From a lexicographic point of view, I would qualify this as a definition (with a clear genus and differentiae) and does not correspond to an equivalent word in the target language (as one would expect for <gloss>). I would thus go for <def> here. @ttasovac : to be recorded in the documentation if we miss examples.

ttasovac commented 3 years ago

hm... I wouldn't go for a def here. A proper definition would be "resembling opal in its iridescence; having a milky white iridescence" or "a clear to white liquid secreted by sea hares (genus Aplysia) that becomes viscous upon contact with water" — to me, this is still a gloss. there is a genus, but really no differentia specifica...

Another thing that is often an indicator of a gloss in etymologies (although, admittedly, that varies from dictionary to dictionary) are the single quotation marks around tipo de vaso vitrificado...

laurentromary commented 3 years ago

Given the two sets of arguments, this is an ambiguous one, i.e. an encoder may decide on one or the other. I mean: imagine putting this as a clear instruction in a documentation? :-}

anacastrosalgado commented 3 years ago

As a lexicographer, I would rather prefer to use always gloss. If you don't, it could lead to big debates about what a 'definition' can be and what a 'gloss' can be. I agree with Toma.

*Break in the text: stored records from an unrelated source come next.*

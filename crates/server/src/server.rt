ghost use Rattle.std.specs.Prelude.{◌≡◌, ℕ, length};
ghost use Rattle.server.specs.Meaning.{Meaning};
ghost use Rattle.server.specs.Calls.{asked, view_of, granting, submitted, Slotted};
ghost use Rattle.server.specs.Laws.{Lawful};
ghost use Rattle.server.specs.Machine.{Machine};

use crate::block::Served;
use crate::rate::Rate;
use crate::refusal::Refusal;
use crate::view::View;

pub trait Server {
    // What is known of a value of this type from outside, and what such a state means.
    ghost State: { Type 0 };

    ghost state: { Self → State };

    ghost means: { State → Meaning };

    // Whether the calls are known wholly, and as which functions of the state.
    ghost named: { Type 0 };

    ghost machine: { Machine State };

    fn clients(&self) -> u8
        ensures { result ≡ (means (state self.now)).count };

    fn now(&self) -> u32
        ensures { result ≡ (means (state self.now)).now };

    /// All that is told of a client. The four questions after it are told from it.
    fn view(&self, client: u8) -> Result<View, Refusal>
        ensures { result ≡ asked (means (state self.now)) client view_of };

    fn rate(&self, client: u8) -> Result<Rate, Refusal>
        ensures { result ≡ asked (means (state self.now)) client (λ x. x.terms.rate) }
    {
        Ok(self.view(client)?.terms.rate)
    }

    fn latency(&self, client: u8) -> Result<u32, Refusal>
        ensures { result ≡ asked (means (state self.now)) client (λ x. x.terms.latency) }
    {
        Ok(self.view(client)?.terms.latency)
    }

    fn clock(&self, client: u8) -> Result<u64, Refusal>
        ensures { result ≡ asked (means (state self.now)) client (λ x. x.clock) }
    {
        Ok(self.view(client)?.clock)
    }

    fn waiting(&self, client: u8) -> Result<u8, Refusal>
        ensures { result ≡ asked (means (state self.now)) client (λ x. length x.waiting) }
    {
        Ok(self.view(client)?.waiting)
    }

    /// A block of the client: its due, or a refusal that leaves the server as it was. Three parameters and no
    /// struct, as the rule names them; where a list holds calls, a value holds the three.
    fn submit(&mut self, client: u8, label: u32, length: u8) -> Result<u64, Refusal>
        ensures answers { result ≡ granting (means (state self.old)) client length }
        ensures leaves { means (state self.new) ≡ submitted (means (state self.old)) client label length }
        ensures exactly { named → state self.new ≡ machine.enter (state self.old) client label length };

    /// One slot: what went, or a refusal at the counter's end that leaves the server as it was.
    fn slot(&mut self) -> Result<Served, Refusal>
        ensures serves { Slotted (means (state self.old)) result (means (state self.new)) }
        ensures exactly { named → (result ≡ machine.says (state self.old)) × (state self.new ≡ machine.next (state self.old)) };

    ghost lawful: { (x : Self) → Lawful (means (state x)) };
}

Examples from Lisbon Academy of Sciences dictionary:

Casa [home] Do lat. casa ’cabana’ Convento [convent] Do lat. conventus ’congregação’ Fortificação [fortification] Do lat. fortificatio, -ōnis ’acção de fortificar’ Indolente [indolent] Do lat. indŏlens, -entis ’que não sofre’ What is cabana/congregação? A definition? No... A synonym? It's the meaning (explanation) of the Latin word. "acção de fortificar/que não sofre" can be consider as definition?

In all these examples, I go for "gloss".

"gloss is a textual description of a sense’s meaning meant for human interpretation."

ceolfrid commented 3 years ago

I usually describe the difference this way to lexicographers that ask:

gloss - translation equivalent of a term definition - narrative explanation of the meaning of a term

While the distinction can get fuzzy, as illustrated in this thread, making the distinction is very useful computationally. For instance, matches found in glosses are more indicative of relevance than those found in definitions so I always give them different weights. Also some processes really only want glosses. I had one customer that used our dictionaries to generate bilingual word clouds based on document content. Definitions would have made them really messy, so they only used the glosses. Having those distinctions made that possible.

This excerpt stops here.